– В такой вечер негоже гнать от двери даже собаку, – произнесла Белл, обращаясь к Сильвии. – Нельзя допустить, чтобы горе ожесточило наши сердца… Вы должны простить нас, миссис, – добавила она, повернувшись к незнакомке, с которой ручьями стекала вода, – ведь сегодня нас постигла великая печаль. Нам только и остается, что причитать да сетовать.
Сев, Белл прикрыла несчастное изможденное лицо передником, словно чувство собственного достоинства не позволяло ей показывать свое горе незнакомке. Опухшая от слез Сильвия, бросая косые, едва ли не гневные взгляды на ту, которой все-таки удалось вторгнуться в их дом, придвинулась ближе к матери и, опустившись рядом с ней на пол, обняла Белл за талию; почти лежа у нее на коленях, девушка продолжала смотреть на Эстер холодными, полными недоверия глазами, выражение которых ошеломило несчастную невольную вестницу, и она минуту помолчала, не зная, с чего начать. Внезапно Белл убрала с лица передник.
– Вы замерзли и промокли, – сказала она. – Садитесь поближе к огню и согрейтесь; простите нашу рассеянность.

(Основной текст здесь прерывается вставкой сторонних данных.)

use super::*;
use log_entry::{Area, Geometry, Held};
use std::test::Fail;

#[test]
fn a_new_seat_is_empty_and_has_room(rt: HostRuntime) -> Result<(), Fail> {
    let Ok(geometry) = Geometry::new(16_384, 64, 4096) else {
        return Ok(());
    };
    let seat = SeatState::new(rt.alloc(), geometry, 3, 4, 77)?;
    assert_eq!(rt;
        (seat.number(), seat.seats(), seat.position(), seat.job()),
        (3, 4, 77, Task::Idle)
    );
    assert_eq!(rt; seat.geometry().block_bytes(), 4096);
    assert_eq!(rt;
        (
            seat.size(),
            seat.block(0),
            seat.owned().len(),
            seat.found().len()
        ),
        (0, None, 0, 259)
    );
    Ok(())
}

#[test]
fn the_head_and_the_pin(rt: HostRuntime) -> Result<(), Fail> {
    let Ok(geometry) = Geometry::new(40, 4, 64) else {
        return Ok(());
    };
    let mut seat = SeatState::new(rt.alloc(), geometry, 3, 4, 77)?;
    seat.set_head(11);
    seat.set_pin(12);
    seat.set_generation(13);
    seat.set_valid(true);
    assert_eq!(rt;
        (seat.head(), seat.pin(), seat.generation(), seat.valid()),
        (11, 12, 13, true)
    );
    Ok(())
}

#[test]
fn what_was_walked(rt: HostRuntime) -> Result<(), Fail> {
    let Ok(geometry) = Geometry::new(40, 4, 64) else {
        return Ok(());
    };
    let mut seat = SeatState::new(rt.alloc(), geometry, 3, 4, 77)?;
    seat.apply(2, 40, 3);
    seat.grow(9);
    assert_eq!(rt;
        (seat.block(4), seat.block(5), seat.size()),
        (Some(42), None, 9)
    );
    assert_eq!(rt; seat.table().block(2), Some(40));
    seat.reset_table(1);
    assert_eq!(rt; (seat.block(4), seat.size()), (None, 1));
    seat.set_position(21);
    seat.set_tail_block(22);
    seat.set_tail_slot(3);
    seat.set_tail_base(24);
    seat.set_snapshot_base(25);
    seat.set_first_log(26);
    assert_eq!(rt;
        (
            seat.position(),
            seat.tail_block(),
            seat.tail_slot(),
            seat.tail_base()
        ),
        (21, 22, 3, 24)
    );
    assert_eq!(rt; (seat.snapshot_base(), seat.first_log()), (25, 26));
    seat.set_at_tail(true);
    seat.set_ready(true);
    assert_eq!(rt; (seat.at_tail(), seat.ready()), (true, true));
    Ok(())
}

#[test]
fn what_is_read_of_a_snapshot(rt: HostRuntime) -> Result<(), Fail> {
    let Ok(geometry) = Geometry::new(40, 4, 64) else {
        return Ok(());
    };
    let mut seat = SeatState::new(rt.alloc(), geometry, 3, 4, 77)?;
    seat.set_reading(true);
    seat.set_reading_generation(31);
    seat.set_reading_block(32);
    seat.set_reading_slot(5);
    seat.set_reading_place(6);
    assert_eq!(rt;
        (
            seat.reading(),
            seat.reading_generation(),
            seat.reading_block(),
            seat.reading_slot()
        ),
        (true, 31, 32, 5)
    );
    assert_eq!(rt; seat.reading_place(), 6);
    let word = KeptWord {
        block: 34,
        slot: 6,
        word: 35,
    };
    seat.keep(word);
    assert_eq!(rt; seat.kept(), [word].as_slice());
    seat.clear_kept();
    assert_eq!(rt; seat.kept().len(), 0);
    Ok(())
}

#[test]
fn the_present_call(rt: HostRuntime) -> Result<(), Fail> {
    let Ok(geometry) = Geometry::new(40, 4, 64) else {
        return Ok(());
    };
    let mut seat = SeatState::new(rt.alloc(), geometry, 3, 4, 77)?;
    seat.set_job(Task::Append);
    assert_eq!(rt; seat.job(), Task::Append);
    seat.put_bytes(&[1, 2, 3]);
    seat.lay_bytes(&[4]);
    assert_eq!(rt; seat.bytes(), [1, 2, 3, 4].as_slice());
    seat.put_bytes(&[5]);
    assert_eq!(rt; seat.bytes(), [5].as_slice());
    seat.set_lost(41);
    seat.set_won(true);
    seat.set_sync_to(Some(42));
    assert_eq!(rt;
        (seat.lost(), seat.won(), seat.sync_to()),
        (41, true, Some(42))
    );
    Ok(())
}

#[test]
fn partly_touched_blocks(rt: HostRuntime) -> Result<(), Fail> {
    let Ok(geometry) = Geometry::new(40, 4, 64) else {
        return Ok(());
    };
    let mut seat = SeatState::new(rt.alloc(), geometry, 3, 4, 77)?;
    seat.add_base(3);
    seat.add_base(4);
    seat.add_base_word(51);
    assert_eq!(rt; seat.base_words(), [51].as_slice());
    seat.drop_base(0);
    assert_eq!(rt; seat.bases(), [4].as_slice());
    assert_eq!(rt; seat.base_words().len(), 0);
    seat.clear_bases();
    assert_eq!(rt; seat.bases().len(), 0);
    Ok(())
}

#[test]
fn blocks_that_a_seat_owns(rt: HostRuntime) -> Result<(), Fail> {
    let Ok(geometry) = Geometry::new(40, 4, 64) else {
        return Ok(());
    };
    let mut seat = SeatState::new(rt.alloc(), geometry, 3, 4, 77)?;
    seat.own(7, Area::Data);
    seat.own(8, Area::Log);
    seat.own(9, Area::Data);
    seat.set_word(1, 2, 61);
    seat.disown(0);
    seat.disown_from(1);
    assert_eq!(rt; seat.contents(), [0, 0, 61, 0, 0, 0, 0, 0].as_slice());
    seat.set_filled(0, true);
    seat.set_fenced(0, true);
    let left = OwnedBlock {
        block: 8,
        area: Area::Log,
        filled: true,
        fenced: true,
    };
    assert_eq!(rt; seat.owned(), [left].as_slice());
    Ok(())
}

#[test]
fn blocks_that_are_fenced_and_given_back(rt: HostRuntime) -> Result<(), Fail> {
    let Ok(geometry) = Geometry::new(40, 4, 64) else {
        return Ok(());
    };
    let mut seat = SeatState::new(rt.alloc(), geometry, 3, 4, 77)?;
    seat.own(7, Area::Data);
    seat.own(8, Area::Data);
    seat.own(64, Area::Data);
    seat.set_filled(1, true);
    seat.fence_filled();
    seat.disown_in_word(0, 128);
    seat.disown_in_word(1, 1);
    let left = OwnedBlock {
        block: 8,
        area: Area::Data,
        filled: true,
        fenced: true,
    };
    assert_eq!(rt; seat.owned(), [left].as_slice());
    assert_eq!(rt; seat.contents().len(), 8);
    Ok(())
}

#[test]
fn bits_of_blocks(rt: HostRuntime) -> Result<(), Fail> {
    let Ok(geometry) = Geometry::new(40, 4, 64) else {
        return Ok(());
    };
    let mut seat = SeatState::new(rt.alloc(), geometry, 3, 4, 77)?;
    if seat.found().len() == 0 || seat.named().len() == 0 {
        return Ok(());
    }
    seat.add_found(0, 7);
    seat.remove_found(0, 2);
    assert_eq!(rt; seat.found().first(), Some(&5));
    seat.clear_found();
    assert_eq!(rt; seat.found().first(), Some(&0));
    seat.add_named(0, 6);
    assert_eq!(rt; seat.named().first(), Some(&6));
    seat.remove_named(0, 2);
    assert_eq!(rt; seat.named().first(), Some(&4));
    seat.clear_named();
    assert_eq!(rt; seat.named().first(), Some(&0));
    seat.note_first(3);
    seat.note(5);
    assert_eq!(rt; seat.named().first(), Some(&8));
    seat.set_noting(true);
    seat.note(5);
    assert_eq!(rt; seat.named().first(), Some(&40));
    Ok(())
}

#[test]
fn blocks_to_be_given_back(rt: HostRuntime) -> Result<(), Fail> {
    let Ok(geometry) = Geometry::new(40, 4, 64) else {
        return Ok(());
    };
    let mut seat = SeatState::new(rt.alloc(), geometry, 3, 4, 77)?;
    seat.add_replaced(7);
    seat.add_replaced(8);
    seat.add_replaced(9);
    seat.truncate_replaced(2);
    assert_eq!(rt; seat.replaced(), [7, 8].as_slice());
    seat.add_limbo(6);
    seat.keep_replaced();
    assert_eq!(rt; seat.limbo(), [6, 7, 8].as_slice());
    assert_eq!(rt; seat.replaced().len(), 0);
    seat.truncate_limbo(1);
    assert_eq!(rt; seat.limbo(), [6].as_slice());
    seat.set_replaced_generation(71);
    seat.set_limbo_generation(72);
    assert_eq!(rt;
        (seat.replaced_generation(), seat.limbo_generation()),
        (71, 72)
    );
    Ok(())
}

#[test]
fn pins_that_were_seen(rt: HostRuntime) -> Result<(), Fail> {
    let Ok(geometry) = Geometry::new(40, 4, 64) else {
        return Ok(());
    };
    let mut seat = SeatState::new(rt.alloc(), geometry, 3, 4, 77)?;
    seat.add_pin_seen(11);
    assert_eq!(rt; seat.pins_seen(), [11].as_slice());
    seat.clear_pins_seen();
    assert_eq!(rt; seat.pins_seen().len(), 0);
    let held = Held {
        seat: 2,
        generation: 81,
    };
    seat.set_limbo_held(Some(held));
    assert_eq!(rt; seat.limbo_held(), Some(held));
    seat.set_head_fenced(false);
    assert_eq!(rt; seat.head_fenced(), false);
    Ok(())
}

– Вы очень добры, – ответила Эстер, тронутая тем, что бедная женщина явно пыталась забыть собственное горе, чтобы соблюсти правила гостеприимства, и полюбила Белл с этого самого мгновения. – Я – Эстер Роуз, – продолжила девушка, обращаясь в том числе и к Сильвии в надежде, что та вспомнит ее имя. – Филип Хепберн послал меня с двуколкой, которая ждет у перелаза; я должна отвезти вас в Монксхэйвен.
Сильвия устремила на Эстер полный внимания взгляд. Белл, сжав руки, наклонилась вперед.
– Мой муж хочет, чтобы мы приехали? – спросила она взволнованно.
– Вам нужно поехать в город, чтобы увидеться со своим мужем, – ответила Эстер. – Филип говорит, что завтра его отправят в Йорк и вы наверняка захотите его прежде увидеть; если вы приедете в Монксхэйвен сегодня вечером, то будете у суда как раз вовремя и сможете увидеться с мужем, когда судьи вам это позволят.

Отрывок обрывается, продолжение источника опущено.